If we think about what gated the scientific method historically, it was not the logic of it — hypothesis, experiment, observation, refinement — which are intuitive to any curious person. What gated it was the cost of the experiment. You needed a laboratory, equipment, materials, institutional access, and — crucially — enough time and funding to be wrong repeatedly before being right. That's why most scientific progress was, for centuries, the province of universities and well-funded institutions. Singular exceptions like Einstein, who developed special relativity while working as a clerk at the Patentamt in Bern, proved the rule. But imagine what he could have done with computational tools like Claude Code.

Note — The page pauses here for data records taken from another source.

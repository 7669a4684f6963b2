// The X11R5 writer, one record at a time. Its pen goes through a list twice: first it checks, and counts where the room might not do, and
// then, if nothing is refused, it stores.
#![tactic(auto)]

ghost use Rattle.std.specs.Prelude.{◌≡◌, ◌+◌, length};
ghost use Rattle.base.specs.Refusal.{number_of};
ghost use Rattle.r5_pen.specs.Pen.{looking_at, ample_for, looked_first, begun_at, counted, stayed_at, moved_to, stopped_by, turned_over};
ghost use Rattle.r5_pen.specs.Pen.{passed_text, passed_by, looked_by, checked_by};
ghost use Rattle.r5_pen.specs.Pen.{stored_text, output_text, stored_by, output_by, turn_of, output_of, finish_answer, finish_output};

use base::{Answer, Refusal, Unit, kind, limit, refusal};
use charset::{Side, may_use};
use unit_octets::{put_designation, stores};

// The octets counted or stored so far, the index of the next record, number and place of the first refusal, the sets in GL and GR, and
// whether it stores.
#[derive(Clone, Copy)]
pub struct Pen {
    pub at: usize,
    pub index: usize,
    pub place: usize,
    pub number: u8,
    pub gl: u8,
    pub gr: u8,
    pub stores: bool,
}

impl Pen {
    // Before the first record, to store.
    pub const STORING: Pen = Pen {
        at: 0,
        index: 0,
        place: 0,
        number: refusal::ACCEPTED,
        gl: 0,
        gr: 3,
        stores: true,
    };
}

// How many of n records are to be looked at before the pen begins: all, where they have room in any case, and else none.
#[tactic(auto, unfolding(crate::specs::Pen::looked_first, base::specs::Choice::pick))]
pub fn looked_first(n: usize, room: usize) -> usize
    ensures { result ≡ looked_first n room }
{
    if ample(n, room) { n } else { 0 }
}

// Where the pen begins in a list of n records, of which so many at the start are refused for nothing. They need not be looked at where all have room in any
// case, and counting begins with the first.
#[tactic(auto, unfolding(crate::specs::Pen::begun_at, base::specs::Choice::pick))]
pub fn begin(run: usize, n: usize, room: usize) -> Pen
    ensures { result ≡ begun_at run n room }
{
    if !ample(n, room) {
        looking_at(0)
    } else if run < n {
        looking_at(run)
    } else {
        Pen::STORING
    }
}

// Before a record, to check it, with nothing counted.
fn looking_at(index: usize) -> Pen
    ensures { result ≡ looking_at index }
{
    Pen {
        index,
        stores: false,
        ..Pen::STORING
    }
}

// So many octets more; once the count is over the limit it stays.
#[tactic(auto, unfolding(crate::specs::Pen::counted, base::specs::Choice::pick))]
fn count(sum: usize, more: u8) -> usize
    ensures { result ≡ counted sum more }
{
    if limit::OCTETS < sum {
        sum
    } else {
        sum + more as usize
    }
}

// The pen at the next record, with the same sets.
#[tactic(auto, unfolding(crate::specs::Pen::stayed_at, base::specs::Choice::pick))]
fn stayed(pen: Pen, at: usize, index: usize) -> Pen
    ensures { result ≡ stayed_at pen at index }
{
    Pen { at, index, ..pen }
}

// The pen at the next record, with a set on a side.
#[tactic(auto, unfolding(crate::specs::Pen::moved_to, base::specs::Choice::pick))]
fn moved(pen: Pen, left: bool, set: u8, at: usize, index: usize) -> Pen
    ensures { result ≡ moved_to pen left set at index }
{
    let gl = r5_units::standing(left, set, pen.gl);
    let gr = r5_units::standing(left, pen.gr, set);
    Pen {
        at,
        index,
        gl,
        gr,
        ..pen
    }
}

// A record is refused: no other of the n is looked at.
#[tactic(auto, unfolding(crate::specs::Pen::stopped_by, base::specs::Choice::pick))]
fn stopped(pen: Pen, refusal: Refusal, n: usize) -> Pen
    ensures { result ≡ stopped_by pen (number_of refusal) n }
{
    Pen {
        index: n,
        place: pen.index,
        number: refusal.number(),
        ..pen
    }
}

// After the last of n records the storing begins, if the octets are within the limit and have room with the 00.
#[tactic(auto, unfolding(crate::specs::Pen::turned_over, base::specs::Choice::pick))]
fn turned_over(pen: Pen, n: usize, room: usize) -> Pen
    ensures { result ≡ turned_over pen n room }
{
    if pen.index < n || limit::OCTETS < pen.at || room <= pen.at {
        pen
    } else {
        Pen::STORING
    }
}

// A character of a set is counted, with the designation of the set where it stands on neither side.
#[tactic(auto, unfolding(crate::specs::Pen::passed_text, base::specs::Choice::pick))]
fn pass_text(pen: Pen, set: u8, index: usize) -> Pen
    ensures { result ≡ passed_text pen set index }
{
    if r5_units::stands(set, pen.gl, pen.gr) {
        let at = count(pen.at, r5_units::width(set));
        return stayed(pen, at, index);
    }
    let at = count(pen.at, r5_units::designated_width(set));
    moved(pen, may_use(Side::GL, set), set, at, index)
}

// A record that is refused for nothing: its octets are counted.
#[tactic(auto, unfolding(crate::specs::Pen::passed_by, base::specs::Choice::pick))]
fn pass(pen: Pen, unit: Unit, index: usize) -> Pen
    ensures { result ≡ passed_by pen unit index }
{
    if unit.kind <= kind::SPACE {
        let set = r5_units::text_set(unit, pen.gl);
        return pass_text(pen, set, index);
    }
    let at = count(pen.at, 1);
    stayed(pen, at, index)
}

// Whether n units have room, whatever they are, within the limit and in the output: each has at most six octets, with its designation.
#[tactic(auto, unfolding(crate::specs::Pen::ample_for, base::specs::Choice::pick))]
fn ample(n: usize, room: usize) -> bool
    ensures { result ≡ ample_for n room }
{
    n <= 10922 && 6 * n < room
}

// A record that is refused for nothing: its octets are counted, but where all have room in any case.
#[tactic(auto, unfolding(crate::specs::Pen::looked_by, base::specs::Choice::pick))]
fn look(pen: Pen, unit: Unit, index: usize, n: usize, room: usize) -> Pen
    ensures { result ≡ looked_by pen unit index n room }
{
    if ample(n, room) {
        stayed(pen, pen.at, index)
    } else {
        pass(pen, unit, index)
    }
}

// A record is checked and looked at; the index is that of the next.
#[tactic(auto, unfolding(crate::specs::Pen::checked_by, base::specs::Choice::pick))]
fn check(pen: Pen, unit: Unit, index: usize, n: usize, segments: &[u8], room: usize) -> Pen
    ensures { result ≡ checked_by pen unit index n segments.now room }
{
    match r5_units::refusal_of(unit, segments) {
        Some(refusal) => stopped(pen, refusal, n),
        None => turned_over(look(pen, unit, index, n, room), n, room),
    }
}

// A character is stored where it has room, with the designation of its set where that stands on neither side.
fn store_text(pen: Pen, set: u8, code: u16, index: usize, out: &mut [u8]) -> Pen
    ensures { (result ≡ stored_text pen set code index (length out.old))
        × (out.new ≡ output_text pen set code out.old) }
{
    if r5_units::stands(set, pen.gl, pen.gr) {
        let at = r5_units::put(set, code, pen.gl == set, out, pen.at);
        return stayed(pen, at, index);
    }
    let left = may_use(Side::GL, set);
    let a = put_designation(left, set, out, pen.at);
    let b = r5_units::put(set, code, left, out, a);
    moved(pen, left, set, b, index)
}

// A record's octets are stored where they have room.
fn store(pen: Pen, unit: Unit, index: usize, out: &mut [u8]) -> Pen
    ensures { (result ≡ stored_by pen unit index (length out.old)) × (out.new ≡ output_by pen unit out.old) }
{
    if unit.kind <= kind::SPACE {
        let set = r5_units::text_set(unit, pen.gl);
        let code = r5_units::text_code(unit);
        return store_text(pen, set, code, index, out);
    }
    let at = stores::put([r5_units::control(unit.kind)], out, pen.at);
    stayed(pen, at, index)
}

// The next of n records, to which the pen points; its segment stands in the octets lent.
#[tactic(auto, unfolding(crate::specs::Pen::turn_of, crate::specs::Pen::output_of, base::specs::Choice::pick))]
pub fn turn(pen: Pen, unit: Unit, n: usize, segments: &[u8], out: &mut [u8]) -> Pen
    ensures { (result ≡ turn_of pen unit n segments.now (length out.old))
        × (out.new ≡ output_of pen unit n out.old) }
{
    if n <= pen.index {
        pen
    } else if pen.stores {
        store(pen, unit, pen.index + 1, out)
    } else {
        check(pen, unit, pen.index + 1, n, segments, out.len())
    }
}

// The answer for a list of n records; where it accepts the 00 is stored.
#[tactic(auto, unfolding(crate::specs::Pen::finish_answer, crate::specs::Pen::finish_output, base::specs::Choice::pick))]
pub fn finish(pen: Pen, n: usize, out: &mut [u8]) -> Answer
    ensures { (result ≡ finish_answer pen n (length out.old)) × (out.new ≡ finish_output pen n out.old) }
{
    if limit::UNITS < n {
        return Refusal::TooLong.at(0);
    }
    if pen.number != refusal::ACCEPTED {
        return Answer::refused(pen.number, pen.place);
    }
    let at = pen.at;
    if limit::OCTETS < at {
        return Refusal::TooLong.at(0);
    }
    if out.len() <= at {
        return Answer::no_room(at + 1);
    }
    out[at] = 0x00;
    Answer::accepted(n, at + 1)
}
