// Where the readers for C stand between two calls: the caller keeps the string, and such a value beside it.
#![tactic(auto)]

pub mod running;
pub mod stepping;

What AI tools do in the software domain is collapse the cost of the experiment to near zero. And software is no longer just software — it's the medium through which people model climate systems, analyze genomic data, simulate structural loads, optimize supply chains. When a vineyard manager can formulate a hypothesis about irrigation timing, build a model in an afternoon, test it against real data, and refine it — she is doing science. She just doesn't need a computer science degree or a research grant to do it anymore.

Literature

Brooks FP (1986): No Silver Bullet — Essence and Accident in Software Engineering. Proceedings of the IFIP Tenth World Computing Conference, pp. 1069–76. Reprinted in: The Mythical Man-Month, Anniversary Edition, Addison-Wesley, 1995.
Dijkstra EW (1972): Notes on Structured Programming. In: Structured Programming, Academic Press, London, pp. 1–82.
Kemeny JG & Kurtz TE (1985): Back to BASIC: The History, Corruption, and Future of the Language. Addison-Wesley, Reading, MA.
Kim T (2024): From 1+1 in Assembly to LLMs: The Evolution of Computing Abstraction. Blog post, November 2024. https://taewoon.kim/2024-11-12-1+1/
Vee A (2017): Coding Literacy: How Computer Programming is Changing Writing. MIT Press, Cambridge, MA.
Wirth N (1971): The Programming Language Pascal. Acta Informatica 1(1), pp. 35–63.
Wirth N (1995): A Plea for Lean Software. IEEE Computer 28(2), pp. 64–68.